Problem description ->
In the records below, find the line containing "by this line." and the line containing "IfSome (status_line result)"; please repeat exactly the lines from one to the other, both included, and nothing more.

Stored data entries
=== Section Start ===

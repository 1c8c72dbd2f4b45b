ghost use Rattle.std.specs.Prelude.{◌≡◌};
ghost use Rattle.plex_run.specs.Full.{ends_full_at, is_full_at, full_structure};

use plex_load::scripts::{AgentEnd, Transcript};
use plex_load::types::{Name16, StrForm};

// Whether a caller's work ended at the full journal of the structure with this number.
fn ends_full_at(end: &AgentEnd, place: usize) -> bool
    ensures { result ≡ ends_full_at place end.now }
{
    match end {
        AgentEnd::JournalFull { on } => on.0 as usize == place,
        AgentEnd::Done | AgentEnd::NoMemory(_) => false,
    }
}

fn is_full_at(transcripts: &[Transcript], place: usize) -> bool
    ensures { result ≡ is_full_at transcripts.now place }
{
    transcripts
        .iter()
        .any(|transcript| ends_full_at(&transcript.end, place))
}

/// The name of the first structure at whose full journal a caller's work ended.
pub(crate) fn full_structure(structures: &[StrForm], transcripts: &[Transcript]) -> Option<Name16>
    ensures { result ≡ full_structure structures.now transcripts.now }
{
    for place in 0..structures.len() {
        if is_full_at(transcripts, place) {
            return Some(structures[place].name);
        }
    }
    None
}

=== Section End ===
=== Section Start ===

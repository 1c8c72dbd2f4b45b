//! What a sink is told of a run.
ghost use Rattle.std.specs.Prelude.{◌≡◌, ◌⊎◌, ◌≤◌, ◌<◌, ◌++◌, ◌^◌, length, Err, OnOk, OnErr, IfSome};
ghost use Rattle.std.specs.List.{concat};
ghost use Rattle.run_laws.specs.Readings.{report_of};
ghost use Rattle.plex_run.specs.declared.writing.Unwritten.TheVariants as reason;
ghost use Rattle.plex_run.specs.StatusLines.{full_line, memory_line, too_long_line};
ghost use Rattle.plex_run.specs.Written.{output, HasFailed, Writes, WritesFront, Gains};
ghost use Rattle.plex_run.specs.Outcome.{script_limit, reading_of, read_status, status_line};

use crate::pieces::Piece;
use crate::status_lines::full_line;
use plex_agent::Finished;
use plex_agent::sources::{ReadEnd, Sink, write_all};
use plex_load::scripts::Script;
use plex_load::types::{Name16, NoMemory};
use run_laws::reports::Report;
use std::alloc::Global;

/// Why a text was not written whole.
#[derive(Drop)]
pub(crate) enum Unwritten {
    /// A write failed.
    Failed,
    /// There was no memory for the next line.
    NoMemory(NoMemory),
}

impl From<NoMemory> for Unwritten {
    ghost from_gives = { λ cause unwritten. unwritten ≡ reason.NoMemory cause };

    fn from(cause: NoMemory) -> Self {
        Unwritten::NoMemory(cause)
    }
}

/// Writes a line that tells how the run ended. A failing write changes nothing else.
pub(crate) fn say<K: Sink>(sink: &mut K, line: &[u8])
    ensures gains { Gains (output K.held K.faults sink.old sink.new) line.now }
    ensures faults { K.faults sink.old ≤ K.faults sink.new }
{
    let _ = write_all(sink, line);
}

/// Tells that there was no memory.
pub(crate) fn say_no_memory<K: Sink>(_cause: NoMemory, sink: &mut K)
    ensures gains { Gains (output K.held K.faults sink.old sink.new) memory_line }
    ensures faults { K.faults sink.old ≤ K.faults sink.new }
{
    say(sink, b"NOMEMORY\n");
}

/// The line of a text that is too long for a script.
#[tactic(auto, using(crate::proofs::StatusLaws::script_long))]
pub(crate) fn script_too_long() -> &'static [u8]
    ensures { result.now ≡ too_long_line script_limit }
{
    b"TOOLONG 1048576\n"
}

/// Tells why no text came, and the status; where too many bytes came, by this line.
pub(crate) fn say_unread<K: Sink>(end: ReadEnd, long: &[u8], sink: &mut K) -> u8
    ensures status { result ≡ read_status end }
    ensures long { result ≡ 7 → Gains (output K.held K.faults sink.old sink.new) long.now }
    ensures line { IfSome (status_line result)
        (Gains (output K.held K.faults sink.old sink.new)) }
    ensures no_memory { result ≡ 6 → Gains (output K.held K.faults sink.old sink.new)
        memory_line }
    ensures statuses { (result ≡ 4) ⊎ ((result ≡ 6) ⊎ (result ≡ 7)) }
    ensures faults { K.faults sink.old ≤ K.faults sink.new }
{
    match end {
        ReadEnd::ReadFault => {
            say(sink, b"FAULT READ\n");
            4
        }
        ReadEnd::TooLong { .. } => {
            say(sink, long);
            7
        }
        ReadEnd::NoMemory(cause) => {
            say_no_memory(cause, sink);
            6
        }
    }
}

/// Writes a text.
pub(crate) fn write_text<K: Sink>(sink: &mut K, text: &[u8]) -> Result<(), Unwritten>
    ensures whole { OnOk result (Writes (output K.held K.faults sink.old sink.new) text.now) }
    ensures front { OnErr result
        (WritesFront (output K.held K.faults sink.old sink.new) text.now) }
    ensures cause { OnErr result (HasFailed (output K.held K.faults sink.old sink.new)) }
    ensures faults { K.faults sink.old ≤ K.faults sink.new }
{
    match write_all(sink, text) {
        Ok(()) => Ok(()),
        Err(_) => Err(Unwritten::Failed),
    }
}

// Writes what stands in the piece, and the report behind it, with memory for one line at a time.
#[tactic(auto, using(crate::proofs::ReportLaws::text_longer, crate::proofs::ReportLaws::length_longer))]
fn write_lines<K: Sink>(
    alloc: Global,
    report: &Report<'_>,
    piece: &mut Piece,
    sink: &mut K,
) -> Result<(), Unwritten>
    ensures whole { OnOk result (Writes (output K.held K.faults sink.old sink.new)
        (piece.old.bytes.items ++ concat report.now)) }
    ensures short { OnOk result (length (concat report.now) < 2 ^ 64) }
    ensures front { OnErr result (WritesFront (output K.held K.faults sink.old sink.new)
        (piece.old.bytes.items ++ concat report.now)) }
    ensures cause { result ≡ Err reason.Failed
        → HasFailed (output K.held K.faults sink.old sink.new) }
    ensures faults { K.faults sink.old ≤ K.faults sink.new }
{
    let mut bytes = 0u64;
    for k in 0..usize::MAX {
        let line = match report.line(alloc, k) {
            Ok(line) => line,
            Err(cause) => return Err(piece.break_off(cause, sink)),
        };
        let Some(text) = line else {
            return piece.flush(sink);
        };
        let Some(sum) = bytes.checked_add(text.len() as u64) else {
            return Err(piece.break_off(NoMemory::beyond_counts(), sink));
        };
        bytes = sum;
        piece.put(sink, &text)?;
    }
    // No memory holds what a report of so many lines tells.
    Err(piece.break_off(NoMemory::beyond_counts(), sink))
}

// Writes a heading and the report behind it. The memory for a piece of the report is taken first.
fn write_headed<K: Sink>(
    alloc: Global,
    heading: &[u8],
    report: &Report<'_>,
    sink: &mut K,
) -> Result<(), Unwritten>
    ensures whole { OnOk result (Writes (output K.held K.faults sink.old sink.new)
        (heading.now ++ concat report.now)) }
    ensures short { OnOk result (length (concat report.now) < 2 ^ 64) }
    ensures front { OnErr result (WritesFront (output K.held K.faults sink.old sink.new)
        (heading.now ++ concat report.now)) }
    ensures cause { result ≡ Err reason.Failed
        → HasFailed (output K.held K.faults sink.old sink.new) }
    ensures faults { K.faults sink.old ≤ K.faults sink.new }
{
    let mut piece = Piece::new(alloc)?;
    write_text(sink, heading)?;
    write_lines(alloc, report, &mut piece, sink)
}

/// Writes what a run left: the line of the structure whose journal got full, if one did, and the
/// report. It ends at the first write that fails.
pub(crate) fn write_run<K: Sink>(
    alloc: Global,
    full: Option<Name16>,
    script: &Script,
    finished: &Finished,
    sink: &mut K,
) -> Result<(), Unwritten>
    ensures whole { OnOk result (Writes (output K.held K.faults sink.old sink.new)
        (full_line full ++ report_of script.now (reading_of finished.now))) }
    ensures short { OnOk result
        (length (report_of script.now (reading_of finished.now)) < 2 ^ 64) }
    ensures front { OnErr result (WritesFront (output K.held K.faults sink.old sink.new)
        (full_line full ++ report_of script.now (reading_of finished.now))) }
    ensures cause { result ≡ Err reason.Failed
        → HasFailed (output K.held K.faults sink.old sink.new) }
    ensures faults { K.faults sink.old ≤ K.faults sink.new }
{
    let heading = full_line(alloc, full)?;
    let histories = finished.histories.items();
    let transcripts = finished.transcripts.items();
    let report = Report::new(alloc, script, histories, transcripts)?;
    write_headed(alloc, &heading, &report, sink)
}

=== Section End ===

Solution below ->
/// Tells why no text came, and the status; where too many bytes came, by this line.
pub(crate) fn say_unread<K: Sink>(end: ReadEnd, long: &[u8], sink: &mut K) -> u8
    ensures status { result ≡ read_status end }
    ensures long { result ≡ 7 → Gains (output K.held K.faults sink.old sink.new) long.now }
    ensures line { IfSome (status_line result)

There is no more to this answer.